Interview & Text:Maiko Murata
ビルボードジャパンが、2025年11月6日に総合書籍チャート“Billboard JAPAN Book Charts”をローンチした。このチャートは、紙の書籍(書店/EC)と電子書籍の売上、サブスクリプション、図書館での貸し出しやSNSでのリアクションなどを合算した日本初の総合ブックチャートだ。
音楽チャートで知られるビルボードジャパンがこのチャートを手掛けることにかかり、書籍や文筆と縁深いアーティスト、また音楽と縁深い作家へ、自身の書籍や音楽とのかかわりについて訊くインタビュー企画【WITH BOOKS】を実施する。
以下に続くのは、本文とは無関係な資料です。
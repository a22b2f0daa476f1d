use super::*;
use std::alloc::{AllocError, Global};
use std::test::Fail;
use sym_map::Symbols;
use test_memory::ByteList;

/// Two words of eight bytes, and eight bytes round the ends of the printable ones.
fn sample(alloc: Global) -> Result<ByteList, AllocError> {
    let bytes = [
        0x88, 0x77, 0x66, 0x55, 0x44, 0x33, 0x22, 0x11, 0x41, 0, 0, 0, 0, 0, 0, 0, 0x20, 0x7e,
        0x7f, 0x1f, 0x80, 0xff, 0x41, 0x7a,
    ];
    Ok(ByteList::new(bytes.to_vec(alloc)?))
}

#[test]
fn shows_words_bytes_and_symbols(rt: HostRuntime) -> Result<(), Fail> {
    let mem = sample(rt.alloc())?;
    for (addr, width, count, text) in [
        (8, 1, 2, b"0x0000000000000008 41 00  A.\n".as_slice()),
        (6, 4, 1, b"0x0000000000000006 00411122  \".A.\n".as_slice()),
        (
            0,
            8,
            3,
            b"0x0000000000000000 1122334455667788 0000000000000041  .wfUD3\".A.......\n0x0000000000000010 7a41ff801f7f7e20   ~....Az\n".as_slice(),
        ),
        (24, 1, 0, b"".as_slice()),
    ] {
        let mut out = Vec::new(rt.alloc());
        assert_eq!(rt; show(&mem, &mut out, addr, width, count), Ok(()));
        assert_eq!(rt; out.as_slice(), text);
    }
    let mut out = Vec::new(rt.alloc());
    assert_eq!(rt; show(&mem, &mut out, 16, 8, 2), Err(MemFault::BadAddr(24)));
    assert_eq!(rt; raw(&mem, &mut out, 0, 2), Ok(()));
    let names = Symbols::read(rt.alloc(), b"0000000000000041 T start\n")?;
    assert_eq!(rt; syms(&mem, &names, &mut out, 8, 1), Ok(()));
    assert_eq!(rt;
        out.as_slice(),
        b"8877\n0x0000000000000008 0000000000000041 (start)\n".as_slice()
    );
    Ok(())
}

#[test]
fn shows_instructions(rt: HostRuntime) -> Result<(), Fail> {
    let mem = ByteList::new([0x13, 0x05, 0x50, 0, 0x73, 0, 0x10, 0, 0x73, 0, 0, 0].to_vec(
        rt.alloc(),
    )?);
    let mut out = Vec::new(rt.alloc());
    assert_eq!(rt; insns(&mem, &mut out, 2, 1), Err(MemFault::BadAddr(2)));
    assert_eq!(rt; insns(&mem, &mut out, 8, 2), Err(MemFault::BadAddr(12)));
    assert_eq!(rt; insns(&mem, &mut out, 0, 3), Ok(()));
    assert_eq!(rt;
        out.as_slice(),
        b"0x0000000000000000 addi a0, zero, 5\n0x0000000000000004 ebreak\n0x0000000000000008 ecall\n".as_slice()
    );
    Ok(())
}

#[test]
fn writes_little_endian(rt: HostRuntime) -> Result<(), Fail> {
    let mut mem = sample(rt.alloc())?;
    let mut out = Vec::new(rt.alloc());
    for (addr, width, value, answer) in [
        (8, 2, 0x1_0000, Err(MemFault::TooWide)),
        (20, 8, 1, Err(MemFault::BadAddr(24))),
        (8, 2, 0x1234, Ok(())),
    ] {
        assert_eq!(rt; modify(&mut mem, &mut out, addr, width, value), answer);
    }
    assert_eq!(rt; raw(&mem, &mut out, 7, 4), Ok(()));
    assert_eq!(rt;
        out.as_slice(),
        b"0x0000000000000008 = 0x0000000000001234\n11341200\n".as_slice()
    );
    Ok(())
}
記念すべきアーティスト初回は、いきものがかりとして老若男女に届く歌詞を手がけるほか、“清志まれ”名義で小説を執筆するなど、文筆業でもその豊かな才能を発揮している水野良樹が登場。歌と文章のどちらも書く彼ならではの、それぞれにおける言葉の扱い方や表現の違い、そして“表現”への向き合い方まで、濃い話を訊くことができた。
人文学系の本が与えてくれるヒント
――まずは書籍についてのお話から聞かせてください。水野さんは普段、どんな本を読まれますか?
水野良樹:この仕事をやっていることと、元々大学では社会学部で――大学時代は全然勉強するような生徒ではなかったんですが、その影響もあって、人文学系の本をよく読むことが多いです。社会学や現象学を“かじる”というか、“勉強する”というよりは……本当に、全然顔も、名前も知らない人たちがたくさん(曲を)聴いてくれるじゃないですか。不特定多数の人が自分の作品を聴いて、しかも曲によっては「社会に影響を与える」っていうとちょっとおこがましいんですけど、たとえば誰かの卒業式や結婚式、人生の大事な場面に流れて、その人の思い出になっていくって、「これは一体どういうことなんだろう?」みたいな興味というか、人の生活に入り込んでいく恐怖感があるんです。それがどういうことだろう?と考えるときに、人文学系の本がいろいろヒントを与えてくれるというか。そういうことが、読書するタイミングでは多いかなと思います。あとは、様々な方と対談させていただく機会とか、実際に作家さんなど文筆の最前線におられる方と話す機会も多いので、そういうタイミングでその方(対談相手)の本を読んだり、小説を読んだりして、どんどん興味が広がっていくこともあります。“読書家”というわけではないけれど、小説をちょっと読んだり、という感じですね。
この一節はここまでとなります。